- Я не понимаю! – Фарид вцепляется в свою и без того лохматую шевелюру совершенно театральным по исполнению, но, тем не менее, абсолютно искренним жестом. – Что-то ускользает! Вот что-то очевидное! Ответ где-то рядом, на поверхности. А я его не вижу!

- Трудно его увидеть на поверхности, – Мо разглядывает стол, погребенный под бумагами.

- Пойдемте, а? – смотрит на них умоляющим взглядом. – Я уверен, что там, на месте, я все пойму!

- Давайте дождемся Софию. И потом, – Михаил морщится, – я вот пока не готов туда соваться. Там что-то... будто выпивает меня. А вы не чувствуете?

Вразнобой:

- Да!

- Нет.

- Да там вообще хрень какая-то!

Последняя реплика, ясное дело, принадлежит Мике.
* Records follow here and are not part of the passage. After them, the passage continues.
//! A store derivation.

ghost use Rattle.std.specs.Prelude.{◌≡◌, ◌<◌, ◌↔◌, ◌++◌, Contains, IfOk, IfSome, IsTrue, OnOk, length, map, slice_get};
ghost use Rattle.std.specs.Cmp.Lexicographic.{slice_cmp};
ghost use Rattle.std.specs.Ordering.{nat_cmp};
ghost use Rattle.nix_names.specs.Rising.{IsRising};
ghost use Rattle.nix_drv.specs.Grammar.{text};
ghost use Rattle.nix_drv.specs.Order.{InOrder};
ghost use Rattle.nix_drv.specs.Derivation.{IsLooseText, derivation_form, drv_value};
ghost use Rattle.nix_drv.specs.Parts.{bytes_of, output_of, input_of, entry_of, drv_of};
ghost use Rattle.nix_drv.specs.private.Ordering.{IsOrdering};
ghost use Rattle.nix_drv.specs.Outcome.{IsCopying, IsMaking};
ghost use Rattle.nix_drv.specs.Indices.{IsIndexOfKey, env_keys, output_names};

use crate::fault::DrvFault;
use crate::forms::{copy_parts, pass_parts, write_parts};
use std::alloc::{AllocError, Global};
use std::cmp::Ordering;
use std::marker::Model;

/// An output of a derivation.
#[derive(Debug, Drop)]
pub struct Output {
    /// Its name, as `out`.
    pub name: Vec<u8>,
    /// Its store path; empty in a draft.
    pub path: Vec<u8>,
    /// How its content is hashed, as `sha256` or `r:sha256`, where it is fixed; else empty.
    pub algo: Vec<u8>,
    /// The hash of its content, in hexadecimal digits, where it is fixed; else empty.
    pub hash: Vec<u8>,
}

/// A derivation of which another one uses outputs.
#[derive(Debug, Drop)]
pub struct Input {
    /// The store path of the file that holds its text.
    pub path: Vec<u8>,
    /// The names of the outputs that are used.
    pub names: Vec<Vec<u8>>,
}

/// An entry of the builder's environment.
#[derive(Debug, Drop)]
pub struct EnvEntry {
    /// The variable's name.
    pub key: Vec<u8>,
    /// The variable's value.
    pub value: Vec<u8>,
}

/// What a derivation is made of (Nix manual, "Store Derivation"), in any order.
#[derive(Debug, Drop)]
pub struct Parts {
    /// The outputs.
    pub outputs: Vec<Output>,
    /// The input derivations: those of which it uses outputs.
    pub inputs: Vec<Input>,
    /// The store paths of the sources.
    pub sources: Vec<Vec<u8>>,
    /// The kind of machine that builds it, as `x86_64-linux`.
    pub system: Vec<u8>,
    /// The program that builds it.
    pub builder: Vec<u8>,
    /// The builder's arguments.
    pub args: Vec<Vec<u8>>,
    /// The builder's environment.
    pub env: Vec<EnvEntry>,
}

impl Parts {
    /// A copy of the parts. Want of memory is its only fault. Takes time in proportion to the
    /// bytes.
    pub fn copy(&self, alloc: Global) -> Result<Parts, AllocError>
        ensures { IfOk result (λ copy. drv_of copy ≡ drv_of self.now) }
    {
        copy_parts(alloc, self)
    }

    /// The text of the parts, whether or not they are in order, with these input derivations in
    /// place of their own. Want of memory is its only fault. Takes time in proportion to the text.
    pub fn text_with_inputs(&self, alloc: Global, inputs: &[Input]) -> Result<Vec<u8>, AllocError>
        ensures { IfOk result
            (λ bytes. IsLooseText (record (drv_of self.now) { inputs = map input_of inputs.now })
            bytes.items) }
    {
        let mut text = Vec::new(alloc);
        write_parts(self, inputs, &mut text)?;
        Ok(text)
    }
}

/// A derivation. It keeps the order rules: outputs rise strictly by name, input derivations by
/// path, the environment by key, and the sources and the names of each input by their bytes.
/// Contracts see it as its lists of bytes.
#[derive(Debug, Drop)]
pub struct Derivation {
    parts: Parts,
}

impl Model for Derivation {
    ghost use Rattle.nix_drv.specs.Derivation.{Drv};

    ghost Value = { Drv };

    ghost use Rattle.nix_drv.specs.Derivation.{derivation_form, drv_value};
    ghost use Rattle.nix_drv.specs.Order.{InOrder};
    ghost use Rattle.nix_drv.specs.Parts.{drv_of};

    ghost view = { λ d. drv_of d.parts };

    ghost invariant = { λ d. InOrder derivation_form (drv_value (drv_of d.parts)) };
}

impl Derivation {
    // The derivation of the parts, or the offset in their text of the first element that breaks the
    // order of its list.
    pub(crate) fn in_order(parts: Parts) -> Result<Derivation, usize>
        ensures { IsOrdering (drv_of parts) result }
    {
        match pass_parts(&parts) {
            Ok(_) => Ok(Derivation { parts }),
            Err(offset) => Err(offset),
        }
    }

    /// The derivation of the parts. Answers `DrvFault::NotSorted` exactly where they break an
    /// order rule, and drops them then. Takes no memory, and time in proportion to the bytes.
    pub fn new(parts: Parts) -> Result<Derivation, DrvFault>
        ensures { IsMaking (drv_of parts) result }
    {
        match Derivation::in_order(parts) {
            Ok(derivation) => Ok(derivation),
            Err(_) => Err(DrvFault::NotSorted),
        }
    }

    /// A copy of the derivation. Answers `DrvFault::NoMemory` where memory is refused, and no
    /// other fault.
    pub fn copy(&self, alloc: Global) -> Result<Derivation, DrvFault>
        ensures { IsCopying self.now result }
    {
        let parts = copy_parts(alloc, &self.parts)?;
        Ok(Derivation { parts })
    }

    // Adds the derivation's text.
    pub(crate) fn write_to(&self, out: &mut Vec<u8>) -> Result<(), AllocError>
        ensures ok { OnOk result
            (out.new.items ≡ out.old.items ++ text derivation_form (drv_value self.now)) }
        ensures in_order { InOrder derivation_form (drv_value self.now) }
    {
        write_parts(&self.parts, &self.parts.inputs, out)
    }

    /// The parts, in order.
    pub fn parts(&self) -> &Parts
        ensures parts { drv_of result.now ≡ self.now }
        ensures in_order { InOrder derivation_form (drv_value self.now) }
    {
        &self.parts
    }

    /// The parts, in order, from which `new` makes the same derivation.
    pub fn into_parts(self) -> Parts
        ensures parts { drv_of result ≡ self }
        ensures in_order { InOrder derivation_form (drv_value self) }
    {
        let Derivation { parts } = self;
        parts
    }

    /// The outputs, by name.
    pub fn outputs(&self) -> &[Output]
        ensures { map output_of result.now ≡ self.now.outputs }
    {
        &self.parts.outputs
    }

    /// The input derivations, by path.
    pub fn inputs(&self) -> &[Input]
        ensures { map input_of result.now ≡ self.now.inputs }
    {
        &self.parts.inputs
    }

    /// The paths of the sources.
    pub fn sources(&self) -> &[Vec<u8>]
        ensures { map bytes_of result.now ≡ self.now.sources }
    {
        &self.parts.sources
    }

    /// The kind of machine that builds it.
    pub fn system(&self) -> &[u8]
        ensures { result.now ≡ self.now.system }
    {
        &self.parts.system
    }

    /// The program that builds it.
    pub fn builder(&self) -> &[u8]
        ensures { result.now ≡ self.now.builder }
    {
        &self.parts.builder
    }

    /// The builder's arguments, in their order.
    pub fn args(&self) -> &[Vec<u8>]
        ensures { map bytes_of result.now ≡ self.now.args }
    {
        &self.parts.args
    }

    /// The builder's environment, by key.
    pub fn env(&self) -> &[EnvEntry]
        ensures { map entry_of result.now ≡ self.now.env }
    {
        &self.parts.env
    }

    /// The index of the output with this name among the outputs, if there is one. Takes no memory,
    /// and compares some log2(n) names, where n is the number of outputs.
    pub fn output_index(&self, name: &[u8]) -> Option<usize>
        ensures found { IsIndexOfKey (output_names self.now) name.now result }
        ensures rising { IsRising (output_names self.now) }
    {
        let by_name = |output: &Output| -> Ordering
            ensures { result ≡ slice_cmp nat_cmp output.now.name.items name.entry.now }
        { output.name.as_slice().cmp(&name) };
        match self.parts.outputs.binary_search_by(by_name) {
            Ok(index) => Some(index),
            Err(_) => None,
        }
    }

    /// Whether this derivation uses the output with this name of the input derivation with this
    /// number. Takes no memory, and compares some log2(n) names, where n is the number of that
    /// input's names.
    pub fn uses(&self, input: usize, name: &[u8]) -> bool
        requires { input < length self.now.inputs }
        ensures { IfSome (slice_get self.now.inputs input)
            (λ used. IsTrue result ↔ Contains used.names name.now) }
    {
        let by_text = |used: &Vec<u8>| -> Ordering
            ensures { result ≡ slice_cmp nat_cmp used.now.items name.entry.now }
        { used.as_slice().cmp(&name) };
        match self.parts.inputs[input].names.binary_search_by(by_text) {
            Ok(_) => true,
            Err(_) => false,
        }
    }

    /// The index of the entry with this key in the environment, if there is one. Takes no memory,
    /// and compares some log2(n) keys, where n is the number of entries.
    pub fn env_index(&self, key: &[u8]) -> Option<usize>
        ensures found { IsIndexOfKey (env_keys self.now) key.now result }
        ensures rising { IsRising (env_keys self.now) }
    {
        let by_key = |entry: &EnvEntry| -> Ordering
            ensures { result ≡ slice_cmp nat_cmp entry.now.key.items key.entry.now }
        { entry.key.as_slice().cmp(&key) };
        match self.parts.env.binary_search_by(by_key) {
            Ok(index) => Some(index),
            Err(_) => None,
        }
    }
}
В конце концов, они убедили Фарида подождать. В отместку тот озвучил список измерительных приборов, от которых он бы не отказался. Михаил глянул на список, хмыкнул:

- А счетчик Гейгера-то тебе зачем?

- Надо.

- Все равно нет.

- Ну, а вдруг...

- Барометр? – изгибая бровь.

- Надо!

- Рефлектометр тоже надо? – бровь выгибается еще сильнее.

- Да!

- Хорошо, – Михаил невозмутимо складывает список, засовывает себе в карман. – Я поспрашиваю. Но, боюсь, в итоге тебе все равно придется обойтись линейкой. Ну и еще, – упреждая готового возразить Фарида, – циркулем. И термометром.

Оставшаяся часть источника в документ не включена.